Italian comedian Domenico Nesci looks for love by joining virtually every online dating site possible. The dates are real, caught on film, and the results are uncomfortable hilarity in director Lee Farber’s The Lonely Italian.
Let’s just say what The Lonely Italian is. It’s a series of real-life bits or “dates” featuring Nesci going for the jugular with his over-the-top antics against his unsuspecting date. I found fascinating Nesci’s ability to be both rude and likable at the same time. He expertly walks that line very close to the edge. Rarely are these bits mean-spirited, just uncomfortably honest. Memorable moments include bringing a meat appetizer on a vegan date or being forced to translate the phrase “daughter-in-law” for an overly desperate young lady.
“Italian comedian Domenico Nesci looks for love by joining virtually every online dating site possible.”
Farber and Nesci wisely intertwine the dates with something I’ll call a storyline. Nesci starts his search for love going on typical compatibility sites, like OK Cupid and eHarmony. He then plays dating roulette with Tinder and finally goes to specialty sites like J-Date, Farmers Only and 420 Dating. While many of the dates are played for laughs, Nesci probes his dates for personal insight into being online and finding love.
The film also enlists the help of experts in love, online dating, tantric sex and religious leaders. Nesci talks with a dating coach, who turns into the ultimate narcissist from word one. Later, Nesci gets a well-deserved tongue-lashing from a local rabbi, who questions his motivation for this film in the first place. It’s quite brutal but poignant.
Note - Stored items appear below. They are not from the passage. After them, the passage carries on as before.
// A run as a picture.

ghost use Rattle.std.specs.Prelude.{◌≡◌, ◌⊎◌, ◌<◌, Err, IfOk, Ok, false, length};
ghost use Rattle.order_cert.specs.Kept.{place_of};
ghost use Rattle.placement.specs.Lanes.{AreHonest};
ghost use Rattle.user_rules.specs.Rules.{required_of};
ghost use Rattle.shown_run.specs.Stretches.{IsWhole, answer_of};
ghost use Rattle.program_ends.specs.declared.ending.Ending.TheVariants.{Own};
ghost use Rattle.program_ends.specs.Endings.{out_of_memory};
ghost use Rattle.shown_run.specs.declared.ending.ViewEnd.TheVariants.{Checked, Unwritten};
ghost use Rattle.shown_run.specs.Endings.{refusing};
ghost use Rattle.shown_run.specs.Shown.{IsShown};

use crate::picture_witness::PictureWitness;
use crate::viewing::{Format, ViewAsked};
use answer_words::{Explainer, InputNames, RunFiles, note_broken};
use csv_rows::TextSource;
use placement::Placer;
use program_ends::{Ending, Line, out_of_memory};
use report::{CheckFault, Verdict};
use run_view::Lawful;
use shown_run::{Asked, Shown, Stretch, ViewEnd, gather};
use sink::Sink;
use std::alloc::{AllocError, Global};
use std::fs::{File, Files};
use std::sync::Wait;
use stretch_drawing::{Drawn, draw_stretch};
use user_rules::{Rule, RuleMemory};
use view_page::{PageFault, PageTexts, Scale, Strip, strips_of, write_html, write_svg};
use view_picture::Picture;
use view_trace::Axis;
use wording::{Count, Look, Words};

/// Shows the requested stretch of a run. Nothing is written if an input is refused.
pub fn show_picture<R, S: TextSource, C: TextSource, W: Sink>(
    rt: &R,
    alloc: Global,
    asked: ViewAsked,
    shown: &Shown<'_>,
    memories: &[RuleMemory],
    rules: &[Rule],
    placer: &mut Placer<S, C>,
    explainer: &mut Explainer,
    output: &mut W,
) -> Ending<ViewEnd>
where
    R: Files<File = File> + Wait,
    requires going { placer.old.ended ≡ false }
    requires first { place_of placer.old.kept ≡ 0 }
    requires cores { length placer.old.lanes ≡ shown.now.config.now.cores }
    ensures shown { AreHonest S.can_fail placer.new.lanes → IsShown (record { recordings = S.can_fail; certificate = C.can_fail }) shown.now.config.now (required_of memories.now rules.now) placer.old result }
    ensures failed { result ≡ Own Unwritten → W.failures output.old < W.failures output.new }
{
    let stretch = Asked {
        at: asked.at,
        span: asked.span,
    };
    let mut witness = PictureWitness::new(alloc, explainer);
    let gathered = gather(
        rt,
        alloc,
        shown.config,
        memories,
        rules,
        stretch,
        placer,
        &mut witness,
    );
    let lawful = witness.into_lawful();
    end_picture(rt, alloc, asked, shown, gathered, lawful, explainer, output)
}

// Shows what was gathered of a run, and ends as it does.
fn end_picture<R, W: Sink>(
    rt: &R,
    alloc: Global,
    asked: ViewAsked,
    shown: &Shown<'_>,
    gathered: Result<(Verdict, Stretch), CheckFault>,
    lawful: Result<Vec<Lawful>, AllocError>,
    explainer: &mut Explainer,
    output: &mut W,
) -> Ending<ViewEnd>
where
    R: Files<File = File>,
    requires { IfOk gathered (λ found. IsWhole shown.now.config.now found.1) }
    ensures end { (result ≡ Own Unwritten) ⊎ (result ≡ out_of_memory refusing) ⊎ (result ≡ Own (Checked (answer_of gathered))) }
    ensures failed { result ≡ Own Unwritten → W.failures output.old < W.failures output.new }
{
    match gathered {
        Ok((verdict, stretch)) => match lawful {
            Ok(lawful) => {
                let gathered = Gathered {
                    verdict,
                    stretch,
                    lawful,
                };
                show_stretch(rt, alloc, asked, shown, gathered, explainer, output)
            }
            Err(_) => out_of_memory(),
        },
        Err(fault) => Ending::Own(ViewEnd::Checked(Err(fault))),
    }
}

// What a picture shows of a run: its verdict, the stretch before its end, and what would have been lawful there.
#[derive(Drop)]
struct Gathered {
    verdict: Verdict,
    stretch: Stretch,
    lawful: Vec<Lawful>,
}

// Shows the stretch that was gathered of a run.
fn show_stretch<R, W: Sink>(
    rt: &R,
    alloc: Global,
    asked: ViewAsked,
    shown: &Shown<'_>,
    gathered: Gathered,
    explainer: &mut Explainer,
    output: &mut W,
) -> Ending<ViewEnd>
where
    R: Files<File = File>,
    requires { IsWhole shown.now.config.now gathered.stretch }
    ensures end { (result ≡ Own Unwritten) ⊎ (result ≡ out_of_memory refusing) ⊎ (result ≡ Own (Checked (Ok gathered.verdict))) }
    ensures failed { result ≡ Own Unwritten → W.failures output.old < W.failures output.new }
{
    let outcome = Ok(gathered.verdict);
    note_broken(explainer, alloc, shown.options, shown.file, &outcome);
    match write_picture(rt, alloc, asked, shown, gathered, explainer, output) {
        Ok(()) => Ending::Own(ViewEnd::Checked(outcome)),
        Err(PageFault::Memory) => out_of_memory(),
        Err(PageFault::Unwritten) => Ending::Own(ViewEnd::Unwritten),
    }
}

// Writes the picture of the stretch that was gathered of a run.
fn write_picture<R, W: Sink>(
    rt: &R,
    alloc: Global,
    asked: ViewAsked,
    shown: &Shown<'_>,
    gathered: Gathered,
    explainer: &Explainer,
    output: &mut W,
) -> Result<(), PageFault>
where
    R: Files<File = File>,
    requires { IsWhole shown.now.config.now gathered.stretch }
    ensures failed { result ≡ Err PageFault.Unwritten → W.failures output.old < W.failures output.new }
{
    let words = words_of(rt, alloc, asked.at, shown, &gathered, explainer)?;
    let Gathered {
        verdict: _,
        stretch,
        lawful,
    } = gathered;
    let mut drawn = draw_stretch(rt, alloc, shown, stretch, lawful)?;
    drawn
        .picture
        .mark_named(explainer.explanation().words().places())?;
    write_drawn(alloc, asked, &words, &drawn, output)
}

// Writes what was drawn of a run, with these words.
fn write_drawn<W: Sink>(
    alloc: Global,
    asked: ViewAsked,
    words: &PageWords,
    drawn: &Drawn,
    output: &mut W,
) -> Result<(), PageFault>
    ensures failed { result ≡ Err PageFault.Unwritten → W.failures output.old < W.failures output.new }
{
    let scale = scale_of(asked.axis);
    let strips = strips_of(&drawn.picture, scale)?;
    let texts = PageTexts {
        heading: words.heading.as_str(),
        line: words.line.text(),
        explanation: words.explanation.as_str(),
        files: words.files.as_str(),
        figures: drawn.figures.as_str(),
    };
    write_in(
        alloc,
        asked.format,
        &drawn.picture,
        scale,
        strips.as_slice(),
        &texts,
        output,
    )
}

// Writes a picture in this format.
fn write_in<W: Sink>(
    alloc: Global,
    format: Format,
    picture: &Picture,
    scale: Scale,
    strips: &[Strip],
    texts: &PageTexts<'_>,
    output: &mut W,
) -> Result<(), PageFault>
    ensures failed { result ≡ Err PageFault.Unwritten → W.failures output.old < W.failures output.new }
{
    match format {
        Format::Svg => write_svg(alloc, picture, scale, strips, texts, output),
        Format::Html | Format::Trace | Format::Summary | Format::Json => {
            write_html(alloc, picture, scale, strips, texts, output)
        }
    }
}

// What the width of a picture counts.
fn scale_of(axis: Axis) -> Scale {
    match axis {
        Axis::Place => Scale::Places,
        Axis::Time => Scale::Ticks,
    }
}

// What a page says beside its picture.
#[derive(Drop)]
struct PageWords {
    heading: String,
    line: Line,
    explanation: String,
    files: String,
}

// What the page of what was gathered of a run says.
fn words_of<R: Files<File = File>>(
    rt: &R,
    alloc: Global,
    at: Option<u64>,
    shown: &Shown<'_>,
    gathered: &Gathered,
    explainer: &Explainer,
) -> Result<PageWords, AllocError> {
    let outcome = Ok(gathered.verdict);
    let names = shown.names;
    let run_files = RunFiles { rt, alloc, names };
    let explanation = explanation_of(alloc, &run_files, &outcome, explainer)?;
    let heading = heading_of(alloc, at, &gathered.verdict, &gathered.stretch)?;
    let files = files_in_words(alloc, names)?;
    Ok(PageWords {
        heading,
        line: Line::of(&Ending::Own(ViewEnd::Checked(outcome))),
        explanation,
        files,
    })
}

// What the picture shows, in one sentence.
fn heading_of(
    alloc: Global,
    at: Option<u64>,
    verdict: &Verdict,
    stretch: &Stretch,
) -> Result<String, AllocError> {
    let ends_before = stretch.rejected.is_none() && !stretch.is_broken;
    match (verdict, at) {
        (_, Some(at)) if ends_before => { format!(in alloc; "The records up to place {at}") }
        (Verdict::Yes { records }, _) => {
            let all = Count(usize::try_from(*records).unwrap_or(usize::MAX), "record");
            let shown = stretch.kept.len();
            if shown as u64 == *records {
                format!(in alloc; "A lawful recording of {all}")
            } else {
                format!(in alloc; "The last {shown} of a lawful recording of {all}")
            }
        }
        (Verdict::No { pos, .. }, _) => {
            format!(in alloc; "The record at place {} is rejected", pos.number())
        }
        (Verdict::Broken { pos, .. }, _) => {
            format!(in alloc; "The record at place {} breaks a rule", pos.number())
        }
    }
}

/// Why the answer is not Yes, as apexcheck explains it; empty if it is.
pub fn explanation_of<R: Files<File = File>>(
    alloc: Global,
    files: &RunFiles<'_, R>,
    outcome: &Result<Verdict, CheckFault>,
    explainer: &Explainer,
) -> Result<String, AllocError> {
    let mut words = Words::new(alloc);
    words.append(explainer.noted());
    if let Some(reason) = files.reason_of(outcome, explainer) {
        if !words.is_empty() {
            words.next_line();
        }
        words.append(&reason.words);
    }
    if words.lacks_memory() {
        return Err(AllocError);
    }
    format!(in alloc; "{}", words.shown(Look::plain()))
}

// The files, in words.
fn files_in_words(alloc: Global, names: &InputNames) -> Result<String, AllocError> {
    let mut text = format!(in alloc; "{}, {}", names.config, names.order)?;
    for name in names.cores.iter() {
        write!(text, ", {name}")?;
    }
    Ok(text)
}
“…Nesci probes his dates for personal insight into being online and finding love.”
The Lonely Italian succeeds in many ways. It’s more than an Ali G ripoff of uncomfortable gags at the expense of unwitting victims. It is a solid film with a decent narrative story to string the gags together. While Domenico Nesci is not for everyone, stick with it. The Lonely Italian not only goes for the laugh but it has something to say as well.